Quantum state control of a Bose-Einstein condensate in an optical lattice

TL;DR

This paper demonstrates efficient quantum optimal control of a Bose-Einstein condensate in an optical lattice, enabling precise manipulation of motional states and superpositions through a single parameter, the lattice position.

Contribution

It introduces a novel control scheme that achieves versatile and robust manipulation of BEC momentum states by varying lattice position, surpassing previous methods in flexibility.

Findings

Successful transfer of BEC to targeted momentum states

Full control over phase relations between states

Preparation of BEC in eigenstates or superpositions

Abstract

We report on the efficient design of quantum optimal control protocols to manipulate the motional states of an atomic Bose-Einstein condensate (BEC) in a one-dimensional optical lattice. Our protocols operate on the momentum comb associated with the lattice.
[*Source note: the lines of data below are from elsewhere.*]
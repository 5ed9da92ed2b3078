//! The reader that gives the pairs of a text. The reader of `dxf_entities` makes lines of pairs.
//!
//! A pair is read at a place in the text; its value is a span, and nothing is copied. `next` is
//! inlined where it is called, since its answer would go through memory for each pair.

ghost use Rattle.std.specs.Prelude.{◌≡◌, ◌↔◌, ◌≤◌, length, drop, Some, None, IfSome};
ghost use Rattle.dxf_groups.specs.Groups.{GroupsState, Gives, wanted_on};
ghost use Rattle.dxf_groups.specs.Pairs.{pairs_of, rest_of_text, without_mark};
ghost use Rattle.dxf_groups.specs.Spans.{IsSpanIn, span_of};
ghost use Rattle.solid_model.specs.Limits.{most_text_bytes};

use crate::code_test::CodeTest;
use crate::pair::Pair;
use crate::pairs::{is_end, pair_from};
use solid_model::Fault;
use std::marker::Model;

/// A reader of the pairs of an ASCII DXF text (Autodesk's DXF Reference): a group code on a line,
/// and its value on the next. A mark of UTF-8 before the text is skipped, once. Of each line one
/// carriage return at its end doesn't count, nor do blanks (spaces and tabs) at both ends then.
/// Comments, which have group code 999, are passed over. The pair of group code 0 and value EOF, in
/// any case, ends the text, and bytes after it are never looked at.
#[derive(Drop)]
pub struct Groups {
    text: Vec<u8>,
    place: usize,
    line: u32,
    ending: Option<Result<u32, Fault>>,
}

impl Model for Groups {
    ghost use Rattle.dxf_groups.specs.Groups.{GroupsState};

    ghost Value = { GroupsState };

    ghost use Rattle.dxf_groups.specs.ReadPairs.{StandsIn, left_from, end_line_of};

    ghost view = { λ g. record {
      text = g.text.items;
      left = left_from g.text.items g.place g.line g.ending;
      end_line = end_line_of g.ending;
    } };

    ghost invariant = { λ g. StandsIn g.text.items g.place g.line g.ending };
}

/// How many bytes the mark of UTF-8 takes that the text may begin with: three or none.
fn mark_len(text: &[u8]) -> usize
    ensures within { result ≤ length text.now }
    ensures rest { drop result text.now ≡ without_mark text.now }
{
    if text.starts_with(b"\xEF\xBB\xBF") {
        3
    } else {
        0
    }
}

impl Groups {
    /// A reader of the whole text.
    #[tactic(auto, unfolding(crate::specs::Pairs::pairs_of))]
    pub fn new(text: Vec<u8>) -> Groups
        requires { length text.items ≤ most_text_bytes }
        ensures { result
            ≡ record { text = text.items; left = pairs_of text.items; end_line = None } }
    {
        let place = mark_len(&text);
        let ending = if text[place..].starts_with(b"AutoCAD Binary DXF") {
            Some(Err(Fault::Binary { line: 1 }))
        } else {
            None
        };
        Groups {
            text,
            place,
            line: 1,
            ending,
        }
    }

    /// The next pair with group code 0 or one that is wanted; None once the end pair was read, and
    /// at every later call. Pairs with other codes are passed over, and what counts of their values
    /// isn't found; so are comments. A fault comes again at every later call: `Binary` where the
    /// text begins as a binary DXF file does; `BadCode` where a pair should begin and the line is
    /// anything but a minus sign or none and one to four digits; `NoValue` where the text ends
    /// after a group code; `NoEof` where a pair should begin and the text is at its end. It copies
    /// nothing and takes no memory, and over all calls each byte of the text is looked at no more
    /// than eight times.
    #[inline(always)]
    pub fn next<T: CodeTest>(&mut self, test: &T) -> Result<Option<Pair>, Fault>
        ensures { Gives
            (record self.old { left = wanted_on (T.wanted test.now) self.old.left })
            result self.new }
    {
        match self.ending {
            Some(Ok(_)) => return Ok(None),
            Some(Err(fault)) => return Err(fault),
            None => {}
        }
        let text = self.text.as_slice();
        let read = match pair_from(text, self.place, self.line, test) {
            Ok(read) => read,
            Err(fault) => {
                self.ending = Some(Err(fault));
                return Err(fault);
            }
        };
        self.place = read.after;
        self.line = read.pair.line + 2;
        if is_end(text, &read.pair) {
            self.ending = Some(Ok(read.pair.line));
            return Ok(None);
        }
        Ok(Some(read.pair))
    }

    /// The number of the line of the end pair's code; None where the end pair wasn't read.
    pub fn end_line(&self) -> Option<u32>
        ensures { result ≡ self.now.end_line }
    {
        self.ending?.ok()
    }

    /// The place after the line of the end pair's value; None where the end pair wasn't read.
    pub fn after_end(&self) -> Option<usize>
        ensures read { (result ≡ None) ↔ (self.now.end_line ≡ None) }
        ensures within { IfSome result (λ place. place ≤ length self.now.text) }
        ensures rest { IfSome result (λ place. rest_of_text self.now.text
            ≡ Some (drop place self.now.text)) }
    {
        self.end_line()?;
        Some(self.place)
    }

    /// The value of a pair that this reader gave.
    pub fn value_of(&self, pair: &Pair) -> &[u8]
        requires { IsSpanIn self.now.text pair.now.value }
        ensures { result.now ≡ span_of self.now.text pair.now.value }
    {
        &self.text[pair.value.start..pair.value.end]
    }

    /// The whole text, back from the reader.
    pub fn into_text(self) -> Vec<u8>
        ensures { result.items ≡ self.text }
    {
        self.text
    }
}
In contrast to previous works also dealing with control in discrete and large Hilbert spaces, our control schemes allow us to reach a wide variety of targets by varying a single parameter, the lattice position. With this technique, we experimentally demonstrate a precise, robust and versatile control: we optimize the transfer of the BEC to a single or multiple quantized momentum states with full control on the relative phase between the different momentum components. This also allows us to prepare the BEC in a given eigenstate of the lattice band structure, or superposition thereof.